Added Tokens Not Decoding with Spaces

Hi All,

My goal is to add a set of starting tokens to a pre-trained AlbertTokenizerFast.

In the Albert Pre-Trained Vocab (SentencePiece Model), all start tokens are preceded with the meta-symbol: ▁ (e.g. ▁hamburger).

I tried adding tokens, prefixed with the meta symbol:

new_tokens = [AddedToken("▁hamburger",), AddedToken("▁pizza")]
num_added_tokens = tokenizer.add_tokens(new_tokens)

However, as this forum post shows, input text to AddedToken is treated literally; so manually adding the meta-symbol prefixes doesn’t achieve the desired effect.

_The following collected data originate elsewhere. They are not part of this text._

//! The nearest lexeme at which a parse can go on, after some first tokens of a completion are inserted.
ghost use Rattle.std.specs.Prelude.{◌≡◌, ◌≤◌, ◌↔◌, [], IfOk, IsTrue, OnOk, length};

use lrpar_grammar::span::{StIdx, StorageIndex, TIdx};
use lrpar_parse_lexemes::lex_api::Lexeme;
use lrpar_parse_repair::engine::Engine;
use lrpar_parse_repair::repair::{RecoveryPoint, RepairStep};
use lrpar_table_check::check::Overlay;
use std::alloc::{AllocError, Global};

/// A repair: how many tokens of a completion are inserted, and the place up to which lexemes are deleted.
#[derive(Clone, Copy)]
pub(crate) struct Nearest {
    pub(crate) inserted: usize,
    pub(crate) place: usize,
}

/// An error point, the tokens of a completion of its stack, and how many of them are tried before the end of the input.
#[derive(Drop)]
pub(crate) struct Search<'a, 'p, StorageT: StorageIndex, LexemeT: Lexeme<StorageT>> {
    pub(crate) point: &'a RecoveryPoint<'p, StorageT, LexemeT>,
    pub(crate) tokens: &'a [TIdx<StorageT>],
    pub(crate) most: usize,
}

impl<'a, 'p, StorageT: StorageIndex, LexemeT: Lexeme<StorageT>> Search<'a, 'p, StorageT, LexemeT> {
    ghost use Rattle.lrpar_parse_completion.specs.SearchView.{FindsNearest, FirstAt, FirstAtEnd, GoesOnBy, HasPointStack, HasStack, HasSteps, InsertsToken, IsNearestAnswer, TriesStacks};

    // The repair at the nearest place; of several, the one that inserts fewest tokens.
    fn nearest(&self, alloc: Global) -> Result<Option<Nearest>, AllocError>
        ensures { IfOk result (FindsNearest StorageT.index LexemeT.parts self.now) }
    {
        let stacks = self.stacks(alloc)?;
        for place in self.point.place()..self.point.lexemes().len() {
            if let Some(inserted) = self.first_going_on(alloc, &stacks, place)? {
                return Ok(Some(Nearest { inserted, place }));
            }
        }
        let Some(inserted) = self.at_end(alloc)? else {
            return Ok(None);
        };
        let place = self.point.lexemes().len();
        Ok(Some(Nearest { inserted, place }))
    }

    // The stacks after none, one, two, .. of the tokens, up to the number that is tried, as long as they can be fed.
    fn stacks(&self, alloc: Global) -> Result<Vec<Vec<StIdx<StorageT>>>, AllocError>
        ensures { IfOk result (λ stacks. TriesStacks StorageT.index self.now stacks.items) }
    {
        let mut stacks = Vec::new(alloc);
        self.push_stacks(alloc, &mut stacks)?;
        Ok(stacks)
    }

    // Puts these stacks into the empty list.
    fn push_stacks(
        &self,
        alloc: Global,
        stacks: &mut Vec<Vec<StIdx<StorageT>>>,
    ) -> Result<(), AllocError>
        requires empty { stacks.old.items ≡ [] }
        ensures { OnOk result (TriesStacks StorageT.index self.now stacks.new.items) }
    {
        let tried = &self.tokens[..self.tokens.len().min(self.most)];
        let mut stack = Vec::from_slice(alloc, self.point.stack())?;
        'tokens: for token in tried {
            let before = Vec::from_slice(alloc, &stack)?;
            stacks.push(before)?;
            if !self.feed(&mut stack, *token)? {
                return Ok(());
            }
        }
        stacks.push(stack)?;
        Ok(())
    }

    // How many tokens lead to the first of the stacks from which a parse can go on at the place.
    fn first_going_on(
        &self,
        alloc: Global,
        stacks: &[Vec<StIdx<StorageT>>],
        place: usize,
    ) -> Result<Option<usize>, AllocError>
        requires tried { TriesStacks StorageT.index self.now stacks.now }
        requires within { place ≤ length self.now.point.now.lexemes }
        ensures { IfOk result (FirstAt StorageT.index LexemeT.parts self.now place) }
    {
        for (inserted, stack) in stacks.iter().enumerate() {
            if self.goes_on(alloc, stack, place)? {
                return Ok(Some(inserted));
            }
        }
        Ok(None)
    }

    // The fewest tokens after which a parse can go on at the end of the lexemes: the stack then accepts.
    fn at_end(&self, alloc: Global) -> Result<Option<usize>, AllocError>
        ensures { IfOk result (FirstAtEnd StorageT.index LexemeT.parts self.now) }
    {
        let mut stack = Vec::from_slice(alloc, self.point.stack())?;
        self.feed_to_end(alloc, &mut stack)
    }

    // The fewest tokens after which a parse can go on at the end of the lexemes. Feeds the tokens to this copy of the point's stack.
    fn feed_to_end(
        &self,
        alloc: Global,
        stack: &mut Vec<StIdx<StorageT>>,
    ) -> Result<Option<usize>, AllocError>
        requires stack { HasPointStack StorageT.index self.now stack.old.items }
        ensures { IfOk result (FirstAtEnd StorageT.index LexemeT.parts self.now) }
    {
        let place = self.point.lexemes().len();
        'tokens: for (inserted, token) in self.tokens.iter().enumerate() {
            if self.goes_on(alloc, stack, place)? {
                return Ok(Some(inserted));
            }
            if !self.feed(stack, *token)? {
                return Ok(None);
            }
        }
        if self.goes_on(alloc, stack, place)? {
            Ok(Some(self.tokens.len()))
        } else {
            Ok(None)
        }
    }

    // Feeds the token, if it is one of the grammar other than the end token; returns whether it was fed.
    fn feed(
        &self,
        stack: &mut Vec<StIdx<StorageT>>,
        token: TIdx<StorageT>,
    ) -> Result<bool, AllocError>
        requires { HasStack StorageT.index self.now stack.old.items }
        ensures fed { IfOk result (InsertsToken StorageT.index self.now token stack.old stack.new) }
        ensures stack { HasStack StorageT.index self.now stack.new.items }
    {
        let data = self.point.data();
        if usize::from(token) >= usize::from(data.grm().eof_token_idx()) {
            return Ok(false);
        }
        data.feed(stack, token)
    }

    // Whether a parse can go on from the stack at the place.
    fn goes_on(
        &self,
        alloc: Global,
        stack: &[StIdx<StorageT>],
        place: usize,
    ) -> Result<bool, AllocError>
        requires stack { HasStack StorageT.index self.now stack.now }
        requires within { place ≤ length self.now.point.now.lexemes }
        ensures { IfOk result (λ goes_on. IsTrue goes_on ↔ GoesOnBy StorageT.index LexemeT.parts self.now stack.now place) }
    {
        let engine = Engine::new(self.point.data(), self.point.lexemes(), self.point.shifts());
        let mut states = Overlay::new(alloc, stack);
        engine.can_go_on(&mut states, place)
    }

    /// The answer: the steps of the repair at the nearest place, if there is one.
    pub(crate) fn answer(&self, alloc: Global) -> Result<Vec<Vec<RepairStep<StorageT>>>, AllocError>
        ensures { IfOk result (IsNearestAnswer StorageT.index LexemeT.parts self.now) }
    {
        let mut answer = Vec::new(alloc);
        let Some(repair) = self.nearest(alloc)? else {
            return Ok(answer);
        };
        let steps = self.steps(alloc, repair)?;
        answer.push(steps)?;
        Ok(answer)
    }

    // The steps of the repair: the inserted tokens, and then a deletion of each lexeme before its place.
    fn steps(&self, alloc: Global, repair: Nearest) -> Result<Vec<RepairStep<StorageT>>, AllocError>
        requires tokens { repair.inserted ≤ length self.now.tokens.now }
        requires after { self.now.point.now.place ≤ repair.place }
        ensures { IfOk result (HasSteps StorageT.index self.now repair) }
    {
        let mut steps = Vec::new(alloc);
        let inserted = &self.tokens[..repair.inserted];
        'inserted: for token in inserted {
            steps.push(RepairStep::Insert(*token))?;
        }
        'deleted: for _ in self.point.place()..repair.place {
            steps.push(RepairStep::Delete)?;
        }
        Ok(steps)
    }
}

Instead, I tried using the single_word parameter:

new_tokens = [AddedToken("hamburger", single_word=True, lstrip=True), AddedToken("pizza", single_word=True, lstrip=True)]
num_added_tokens = tokenizer.add_tokens(new_tokens)

This solution successfully encodes the new tokens where hamburger is being encoded by token 30001:

tokenizer('This hamburger tastes great') 
>> [2, 15, 30001, 53, 8, 345,3]

However, when I try to decode these ids, no space appears between “this” and “hamburger”:

tokenizer.decode([2, 15, 30001, 53, 8, 345,3]) 
>> ('Thishamburger tastes great')

I was wondering if anybody had any thoughts about how to fix this.

Does the same occur when setting lstrip=False when defining the new tokens?

Thank you for the response!

Yup, if I set lstrip=False, I see the same behavior:

tokenizer('This hamburger tastes great') 
>> [2, 15, 30001, 53, 8, 345,3]
tokenizer.decode([2, 15, 30001, 53, 8, 345,3]) 
>> ('Thishamburger tastes great')

Digging through the code, my hypothesis is:

  • The pre-tokenizer replaces the meta-symbol with a space character, when applied to raw text.
  • The decoder reverses the effects of the pre-tokenizer.
  • When the decoder sees a token with a meta-symbol; it inserts a space (for correct viewing)
  • Since the AddedTokens don’t go through the same pipeline (i.e. no metasymbol is added); I’m not sure if the pre-tokenizer is applied / if decoding works as expected.

Any thoughts on what could be going wrong? Or how one might approach this?